Exercise material.
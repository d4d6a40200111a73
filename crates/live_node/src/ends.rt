// How a run ends at a fault of its node, and at an order that isn't followed.
ghost use Rattle.std.specs.Prelude.{◌≡◌};
ghost use Rattle.live_node.specs.Ports.{end_by};
ghost use Rattle.live_node.specs.Orders.{op_end, order_end};

use mav_nodes::{NodeFault, OrderFault};
use plan_upload::OpFault;
use run_status::{InputError, LiveEnd, Place, Reason, RunEnd};

const REFUSED: RunEnd = RunEnd::Stopped(InputError::Bad(Place::Operation, Reason::Refused));

/// How a run ends at a fault of its node, and at an order that isn't followed.
pub(crate) fn end_by(fault: NodeFault) -> RunEnd
    ensures { result ≡ end_by fault }
{
    match fault {
        NodeFault::StampsSpent => RunEnd::Stopped(InputError::StampsSpent),
        NodeFault::Store => RunEnd::Live(LiveEnd::StoreFault),
        NodeFault::NoMemory => RunEnd::NoMemory,
    }
}

fn op_end(fault: OpFault) -> RunEnd
    ensures { result ≡ op_end fault }
{
    match fault {
        OpFault::NoMemory => RunEnd::NoMemory,
        OpFault::Busy { .. } | OpFault::EmptyPlan | OpFault::PingsSpent | OpFault::NotFit { .. } =>
            REFUSED,
    }
}

/// How a run ends at an order that isn't followed.
pub(crate) fn order_end(fault: OrderFault) -> RunEnd
    ensures { result ≡ order_end fault }
{
    match fault {
        OrderFault::Begin(fault) => op_end(fault.why),
        OrderFault::Op(fault) => op_end(fault),
        OrderFault::Command(_) | OrderFault::Param(_) | OrderFault::File(_) => REFUSED,
        OrderFault::Node(fault) => end_by(fault),
    }
}
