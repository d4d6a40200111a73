// The command `station`, with the key and the file that its line names.
ghost use Rattle.std.specs.Prelude.{◌≡◌, length, Some, false, map, string_bytes, IsErr, IsErrOf, IfOk, IfErr, List, ℕ};
ghost use Rattle.std.specs.Result.{result_err};
ghost use Rattle.std.specs.declared.option.Option.{Option};
ghost use Rattle.command_line.specs.Forms.{has_given};
ghost use Rattle.command_line.specs.Lines.{asked_by, given_of};
ghost use Rattle.command_line.specs.Nodes.{StationSays};
ghost use Rattle.command_line.specs.OperationTexts.{is_on_files};
ghost use Rattle.live_node.specs.Runs.{stores_of};
ghost use Rattle.live_node.specs.DroneAsked.{devices};
ghost use Rattle.live_node.specs.OrderWords.{contents_of};
ghost use Rattle.live_node.specs.StationAsked.{Stationed, Stationing, Of_items, Of_bytes, sort_of, file_asked};
ghost use Rattle.live_node.specs.StationAsked.{HaltsAt, ContentsAre};
ghost use Rattle.run_status.specs.Seen.{input_of, output_of, before_status_over};

use crate::order_words::{Contents, order_of};
use crate::{StationPlan, Store, run_station};
use command_inputs::{Inputs, read_file, read_given_key, read_plan};
use command_line::{Line, OptionName, Task};
use mav_links::Link;
use mav_names::drone_stream;
use mav_ports::{Clock, Sink, Source};
use plan_items::Plan;
use plan_store::Keeper;
use run_status::RunEnd;
use std::alloc::Global;

// A station may read its port so often.
const TURNS: u64 = 1_000_000;

// The items of a file.
fn items_in<S: Source>(alloc: Global, file: &mut S) -> Result<Contents, RunEnd>
    ensures are { IfOk result (λ contents. ContentsAre Of_items
        (input_of S.has_ended S.faults S.idles S.left file.old file.new) (contents_of contents)) }
    ensures halts { IfErr result (λ run_end. (refusals : ℕ) (sent : Option (List ℕ))
        → HaltsAt Of_items (before_status_over
        (record { refusals_before = refusals; refusals_after = refusals; sent_before = sent; sent_after = sent })
        (Some run_end)) (input_of S.has_ended S.faults S.idles S.left file.old file.new)) }
    ensures not_usage { ¬ IsErrOf result RunEnd.Usage }
{
    match read_plan(alloc, file) {
        Ok(plan) => Ok(Contents {
            plan,
            bytes: Vec::new(alloc),
        }),
        Err(run_end) => Err(run_end),
    }
}

// Its bytes.
fn bytes_in<S: Source>(alloc: Global, file: &mut S) -> Result<Contents, RunEnd>
    ensures are { IfOk result (λ contents. ContentsAre Of_bytes
        (input_of S.has_ended S.faults S.idles S.left file.old file.new) (contents_of contents)) }
    ensures halts { IfErr result (λ run_end. (refusals : ℕ) (sent : Option (List ℕ))
        → HaltsAt Of_bytes (before_status_over
        (record { refusals_before = refusals; refusals_after = refusals; sent_before = sent; sent_after = sent })
        (Some run_end)) (input_of S.has_ended S.faults S.idles S.left file.old file.new)) }
    ensures not_usage { ¬ IsErrOf result RunEnd.Usage }
{
    match read_file(alloc, file) {
        Ok(bytes) => Ok(Contents {
            plan: Plan::new(alloc),
            bytes,
        }),
        Err(run_end) => Err(run_end),
    }
}

// The contents of the file that the line names; none if it names none.
fn read_contents<S: Source>(
    alloc: Global,
    line: &Line,
    task: &Task,
    file: &mut S,
) -> Result<Contents, RunEnd>
    ensures are { IfOk result (λ contents. ContentsAre
        (sort_of (has_given OptionName.File (map given_of line.now.settings.items)) (is_on_files task.now.operation))
        (input_of S.has_ended S.faults S.idles S.left file.old file.new) (contents_of contents)) }
    ensures halts { IfErr result (λ run_end. (refusals : ℕ) (sent : Option (List ℕ))
        → HaltsAt (sort_of (has_given OptionName.File (map given_of line.now.settings.items))
        (is_on_files task.now.operation)) (before_status_over
        (record { refusals_before = refusals; refusals_after = refusals; sent_before = sent; sent_after = sent })
        (Some run_end)) (input_of S.has_ended S.faults S.idles S.left file.old file.new)) }
    ensures unread { has_given OptionName.File (map given_of line.now.settings.items) ≡ false → file.new ≡ file.old }
    ensures not_usage { ¬ IsErrOf result RunEnd.Usage }
{
    if !line.has(OptionName::File) {
        return Ok(Contents {
            plan: Plan::new(alloc),
            bytes: Vec::new(alloc),
        });
    }
    if task.operation.is_on_files() {
        bytes_in(alloc, file)
    } else {
        items_in(alloc, file)
    }
}

/// Runs the station that a line asks for at the port. Writes no status line.
pub fn run_asked_station<S: Source, K: Sink, C: Clock>(
    alloc: Global,
    line: &Line,
    task: Task,
    inputs: &mut Inputs<S>,
    ports: &mut Vec<Box<dyn Link>>,
    keepers: &Vec<Store>,
    out: &mut K,
    clock: &mut C,
) -> Result<(), RunEnd>
    requires says { StationSays (map string_bytes line.now.words.items) line.now.ports.items line.now.system task }
    requires link { length ports.old.items ≡ 1 }
    ensures stationed { Stationing
        (before_status_over (output_of K.faults K.sent out.old out.new) (result_err result)) (IsErr result)
        ((ports.new ≡ ports.old) × (keepers.now ≡ keepers.now) × (clock.new ≡ clock.old))
        (file_asked (asked_by line.now))
        (input_of S.has_ended S.faults S.idles S.left inputs.old.key inputs.new.key)
        (input_of S.has_ended S.faults S.idles S.left inputs.old.main inputs.new.main)
        (λ bytes contents. Stationed (devices state
        (stores_of ⟦<Store as Keeper>⟧.faults ⟦<Store as Keeper>⟧.is_infallible ⟦<Store as Keeper>⟧.contents) C.always
        ports.old.items ports.new.items keepers.now.items keepers.now.items clock.old clock.new) (asked_by line.now)
        (output_of K.faults K.sent out.old out.new) (result_err result) bytes contents) }
    ensures unread_defs { inputs.new.defs ≡ inputs.old.defs }
    ensures unread_main { has_given OptionName.File (map given_of line.now.settings.items) ≡ false
        → inputs.new.main ≡ inputs.old.main }
    ensures sound { ¬ IsErrOf result RunEnd.WriteFault → K.faults out.new ≡ K.faults out.old }
    ensures not_usage { ¬ IsErrOf result RunEnd.Usage }
{
    let key = read_given_key(&mut inputs.key)?;
    let contents = read_contents(alloc, line, &task, &mut inputs.main)?;
    let plan = StationPlan {
        sys: line.system,
        comp: task.component,
        ticks: line.ticks(),
        turns: TURNS,
    };
    let order = order_of(task.operation, drone_stream(task.drone), contents);
    run_station(alloc, key, plan, order, &mut ports[0], out, clock)
}
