// The order of an operation.
ghost use Rattle.std.specs.Prelude.{◌≡◌};
ghost use Rattle.live_node.specs.OrderWords.{kind_of, contents_of, OrdersFor};

use command_line::{Operation, PlanWord};
use mav_names::Stream;
use mav_nodes::{FileOp, Order};
use param_proto::Param;
use plan_items::{Plan, PlanKind};

/// The contents of the file that an operation takes: the plan of an upload, or the bytes of a file to store.
#[derive(Drop)]
pub(crate) struct Contents {
    pub(crate) plan: Plan,
    pub(crate) bytes: Vec<u8>,
}

fn kind_of(word: PlanWord) -> PlanKind
    ensures { result ≡ kind_of word }
{
    match word {
        PlanWord::Mission => PlanKind::Mission,
        PlanWord::Fence => PlanKind::Fence,
        PlanWord::Rally => PlanKind::Rally,
    }
}

/// The order of an operation with a drone. The contents are those of its file; an operation without one has no use for
/// them.
pub(crate) fn order_of(operation: Operation, drone: Stream, contents: Contents) -> Order
    ensures { OrdersFor operation drone (contents_of contents) result }
{
    match operation {
        Operation::Upload(kind) => Order::Begin {
            drone,
            kind: kind_of(kind),
            plan: contents.plan,
        },
        Operation::Get(kind) => Order::Get {
            drone,
            kind: kind_of(kind),
        },
        Operation::Clear(None) => Order::Clear { drone, kind: None },
        Operation::Clear(Some(kind)) => Order::Clear {
            drone,
            kind: Some(kind_of(kind)),
        },
        Operation::Command { number, word } => Order::Command {
            drone,
            command: number,
            word,
        },
        Operation::ParamList => Order::ParamList { drone },
        Operation::ParamRead { id } => Order::ParamRead { drone, id },
        Operation::ParamSet { id, kind, word } => Order::ParamSet {
            drone,
            param: Param {
                id,
                ty: kind,
                word: u32::from_le_bytes(word),
            },
        },
        Operation::FileList => Order::File {
            drone,
            op: FileOp::List,
        },
        Operation::FileGet(name) => Order::File {
            drone,
            op: FileOp::Fetch(name),
        },
        Operation::FilePut(name) => Order::File {
            drone,
            op: FileOp::Store(name, contents.bytes),
        },
        Operation::FileRemove(name) => Order::File {
            drone,
            op: FileOp::Remove(name),
        },
    }
}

Action item.
Please print, exactly and with nothing else, the lines from the first line of the entries through the line containing "const REFUSED: RunEnd".

Answer.
repository d4d6a40200111a73
filename crates/live_node/src/ends.rt
// How a run ends at a fault of its node, and at an order that isn't followed.
ghost use Rattle.std.specs.Prelude.{◌≡◌};
ghost use Rattle.live_node.specs.Ports.{end_by};
ghost use Rattle.live_node.specs.Orders.{op_end, order_end};

use mav_nodes::{NodeFault, OrderFault};
use plan_upload::OpFault;
use run_status::{InputError, LiveEnd, Place, Reason, RunEnd};

const REFUSED: RunEnd = RunEnd::Stopped(InputError::Bad(Place::Operation, Reason::Refused));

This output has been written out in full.